WHAT NEEDS TO BE DONE —
Only the total should be returned: the number of lines in the data that hold the string "false".

EXERCISE MATERIAL —

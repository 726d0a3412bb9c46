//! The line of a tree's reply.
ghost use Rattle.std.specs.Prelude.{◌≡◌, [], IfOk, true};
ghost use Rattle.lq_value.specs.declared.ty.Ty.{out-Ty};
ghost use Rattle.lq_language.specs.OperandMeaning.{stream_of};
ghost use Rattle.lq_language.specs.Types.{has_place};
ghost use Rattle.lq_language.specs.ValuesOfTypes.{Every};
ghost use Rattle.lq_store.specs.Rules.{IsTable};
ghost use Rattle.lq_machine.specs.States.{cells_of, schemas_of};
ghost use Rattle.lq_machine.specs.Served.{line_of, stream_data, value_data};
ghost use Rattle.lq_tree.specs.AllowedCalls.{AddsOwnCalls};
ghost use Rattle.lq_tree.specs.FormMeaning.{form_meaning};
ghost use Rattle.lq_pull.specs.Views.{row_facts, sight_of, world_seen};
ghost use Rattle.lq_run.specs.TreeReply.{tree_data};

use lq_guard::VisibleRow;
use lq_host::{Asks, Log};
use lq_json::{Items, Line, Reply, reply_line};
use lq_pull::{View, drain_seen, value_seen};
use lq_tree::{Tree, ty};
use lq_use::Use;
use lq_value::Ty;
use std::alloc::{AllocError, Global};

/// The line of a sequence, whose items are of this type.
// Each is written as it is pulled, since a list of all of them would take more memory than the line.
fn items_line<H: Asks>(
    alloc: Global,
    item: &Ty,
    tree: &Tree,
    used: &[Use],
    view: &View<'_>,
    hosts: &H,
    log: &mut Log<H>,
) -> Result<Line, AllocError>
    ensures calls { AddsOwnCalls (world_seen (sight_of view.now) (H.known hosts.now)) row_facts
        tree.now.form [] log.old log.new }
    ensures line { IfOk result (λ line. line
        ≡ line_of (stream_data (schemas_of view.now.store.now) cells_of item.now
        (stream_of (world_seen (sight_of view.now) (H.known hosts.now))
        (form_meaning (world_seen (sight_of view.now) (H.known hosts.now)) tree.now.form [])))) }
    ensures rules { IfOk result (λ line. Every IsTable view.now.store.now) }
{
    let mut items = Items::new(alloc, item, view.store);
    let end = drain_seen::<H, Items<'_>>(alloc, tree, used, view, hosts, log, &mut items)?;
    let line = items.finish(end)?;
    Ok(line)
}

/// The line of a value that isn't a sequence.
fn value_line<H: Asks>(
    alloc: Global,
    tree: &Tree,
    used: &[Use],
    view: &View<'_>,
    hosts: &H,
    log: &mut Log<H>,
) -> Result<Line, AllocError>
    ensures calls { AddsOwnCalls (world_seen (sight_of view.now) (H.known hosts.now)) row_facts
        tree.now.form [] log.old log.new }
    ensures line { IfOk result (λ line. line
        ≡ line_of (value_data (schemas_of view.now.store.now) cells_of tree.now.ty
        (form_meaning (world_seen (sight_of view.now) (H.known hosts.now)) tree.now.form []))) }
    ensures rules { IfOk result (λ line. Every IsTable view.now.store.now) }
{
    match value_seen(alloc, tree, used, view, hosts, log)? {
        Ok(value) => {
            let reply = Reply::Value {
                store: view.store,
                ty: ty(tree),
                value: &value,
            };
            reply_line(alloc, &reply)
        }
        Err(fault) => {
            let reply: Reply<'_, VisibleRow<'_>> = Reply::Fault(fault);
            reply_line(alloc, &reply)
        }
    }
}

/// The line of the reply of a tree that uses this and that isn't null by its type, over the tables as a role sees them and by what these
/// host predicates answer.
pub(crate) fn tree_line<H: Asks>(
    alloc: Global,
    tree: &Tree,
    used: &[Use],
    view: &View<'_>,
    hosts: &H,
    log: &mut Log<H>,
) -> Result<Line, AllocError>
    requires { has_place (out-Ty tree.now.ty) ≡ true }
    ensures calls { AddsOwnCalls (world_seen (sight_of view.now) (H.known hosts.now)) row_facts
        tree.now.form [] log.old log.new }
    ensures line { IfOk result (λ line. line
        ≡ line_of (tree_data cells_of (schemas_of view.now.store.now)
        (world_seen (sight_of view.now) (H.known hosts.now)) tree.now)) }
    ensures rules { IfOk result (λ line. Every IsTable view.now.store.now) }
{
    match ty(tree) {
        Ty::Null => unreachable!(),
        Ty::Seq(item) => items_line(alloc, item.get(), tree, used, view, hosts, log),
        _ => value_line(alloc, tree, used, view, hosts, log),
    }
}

...

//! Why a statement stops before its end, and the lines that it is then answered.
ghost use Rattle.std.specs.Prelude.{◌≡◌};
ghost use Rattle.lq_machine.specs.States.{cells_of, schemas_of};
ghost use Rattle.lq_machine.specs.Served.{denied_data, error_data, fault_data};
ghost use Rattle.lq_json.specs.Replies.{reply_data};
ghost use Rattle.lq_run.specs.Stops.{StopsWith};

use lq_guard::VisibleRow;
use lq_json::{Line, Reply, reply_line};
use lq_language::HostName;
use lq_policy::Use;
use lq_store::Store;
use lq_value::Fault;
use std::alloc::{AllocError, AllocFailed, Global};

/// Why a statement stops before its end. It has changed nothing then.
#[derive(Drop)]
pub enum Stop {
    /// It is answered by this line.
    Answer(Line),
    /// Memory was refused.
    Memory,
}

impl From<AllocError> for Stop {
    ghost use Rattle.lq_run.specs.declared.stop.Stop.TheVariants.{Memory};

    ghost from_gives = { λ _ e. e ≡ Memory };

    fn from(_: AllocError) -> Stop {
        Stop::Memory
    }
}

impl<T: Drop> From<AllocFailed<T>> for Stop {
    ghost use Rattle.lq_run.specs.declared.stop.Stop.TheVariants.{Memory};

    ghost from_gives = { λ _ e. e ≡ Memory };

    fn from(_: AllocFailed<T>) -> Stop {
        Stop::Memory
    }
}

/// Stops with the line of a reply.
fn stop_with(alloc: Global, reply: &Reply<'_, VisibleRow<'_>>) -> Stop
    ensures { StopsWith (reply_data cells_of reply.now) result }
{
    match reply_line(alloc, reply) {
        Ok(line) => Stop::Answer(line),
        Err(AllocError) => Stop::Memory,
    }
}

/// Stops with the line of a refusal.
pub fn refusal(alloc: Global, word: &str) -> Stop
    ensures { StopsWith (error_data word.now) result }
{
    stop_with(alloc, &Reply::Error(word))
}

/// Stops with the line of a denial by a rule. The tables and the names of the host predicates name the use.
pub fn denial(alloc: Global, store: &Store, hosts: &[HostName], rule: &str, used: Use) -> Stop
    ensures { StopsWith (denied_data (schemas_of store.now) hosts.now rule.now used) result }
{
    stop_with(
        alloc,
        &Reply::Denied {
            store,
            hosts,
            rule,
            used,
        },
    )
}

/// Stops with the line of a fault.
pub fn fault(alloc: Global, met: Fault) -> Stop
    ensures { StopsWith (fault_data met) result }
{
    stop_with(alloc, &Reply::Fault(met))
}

==

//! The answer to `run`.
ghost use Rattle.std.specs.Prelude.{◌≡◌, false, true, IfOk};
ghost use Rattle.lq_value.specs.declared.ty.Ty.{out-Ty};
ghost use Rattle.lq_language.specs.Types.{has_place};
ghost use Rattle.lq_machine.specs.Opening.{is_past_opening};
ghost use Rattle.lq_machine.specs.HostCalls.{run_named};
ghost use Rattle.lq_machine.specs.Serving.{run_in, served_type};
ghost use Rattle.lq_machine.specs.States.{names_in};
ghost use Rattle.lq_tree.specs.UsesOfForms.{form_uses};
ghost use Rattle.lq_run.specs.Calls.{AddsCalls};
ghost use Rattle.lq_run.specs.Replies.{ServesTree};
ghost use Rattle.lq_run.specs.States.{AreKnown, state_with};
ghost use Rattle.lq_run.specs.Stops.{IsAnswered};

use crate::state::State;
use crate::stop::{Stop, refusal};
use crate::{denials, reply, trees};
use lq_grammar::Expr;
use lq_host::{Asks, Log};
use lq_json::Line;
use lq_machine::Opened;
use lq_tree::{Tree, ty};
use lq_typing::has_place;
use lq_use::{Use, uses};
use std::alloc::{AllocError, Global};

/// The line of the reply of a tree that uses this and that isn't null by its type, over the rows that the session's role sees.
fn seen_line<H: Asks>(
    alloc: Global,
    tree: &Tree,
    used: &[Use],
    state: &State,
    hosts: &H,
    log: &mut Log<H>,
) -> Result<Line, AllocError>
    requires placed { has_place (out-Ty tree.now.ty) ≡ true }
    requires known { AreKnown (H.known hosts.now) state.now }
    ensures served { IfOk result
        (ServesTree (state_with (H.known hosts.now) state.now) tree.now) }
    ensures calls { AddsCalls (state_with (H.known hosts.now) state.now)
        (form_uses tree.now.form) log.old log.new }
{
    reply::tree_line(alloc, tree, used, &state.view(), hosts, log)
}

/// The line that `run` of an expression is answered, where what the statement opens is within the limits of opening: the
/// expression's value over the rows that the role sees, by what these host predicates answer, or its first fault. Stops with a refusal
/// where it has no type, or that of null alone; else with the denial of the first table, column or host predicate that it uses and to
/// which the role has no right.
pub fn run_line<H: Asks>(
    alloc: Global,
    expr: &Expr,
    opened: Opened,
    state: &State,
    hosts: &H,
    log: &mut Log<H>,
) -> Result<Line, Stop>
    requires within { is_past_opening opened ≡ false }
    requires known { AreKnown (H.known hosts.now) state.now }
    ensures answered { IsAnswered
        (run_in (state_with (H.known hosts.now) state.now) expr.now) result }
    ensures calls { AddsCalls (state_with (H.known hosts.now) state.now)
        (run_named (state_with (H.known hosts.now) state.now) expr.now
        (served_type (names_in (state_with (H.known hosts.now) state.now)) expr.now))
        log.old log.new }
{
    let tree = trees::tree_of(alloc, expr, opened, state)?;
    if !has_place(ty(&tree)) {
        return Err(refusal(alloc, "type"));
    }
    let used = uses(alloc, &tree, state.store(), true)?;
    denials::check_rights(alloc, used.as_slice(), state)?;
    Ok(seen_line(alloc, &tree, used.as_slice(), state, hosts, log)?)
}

OUTPUT OF THE TASK —
2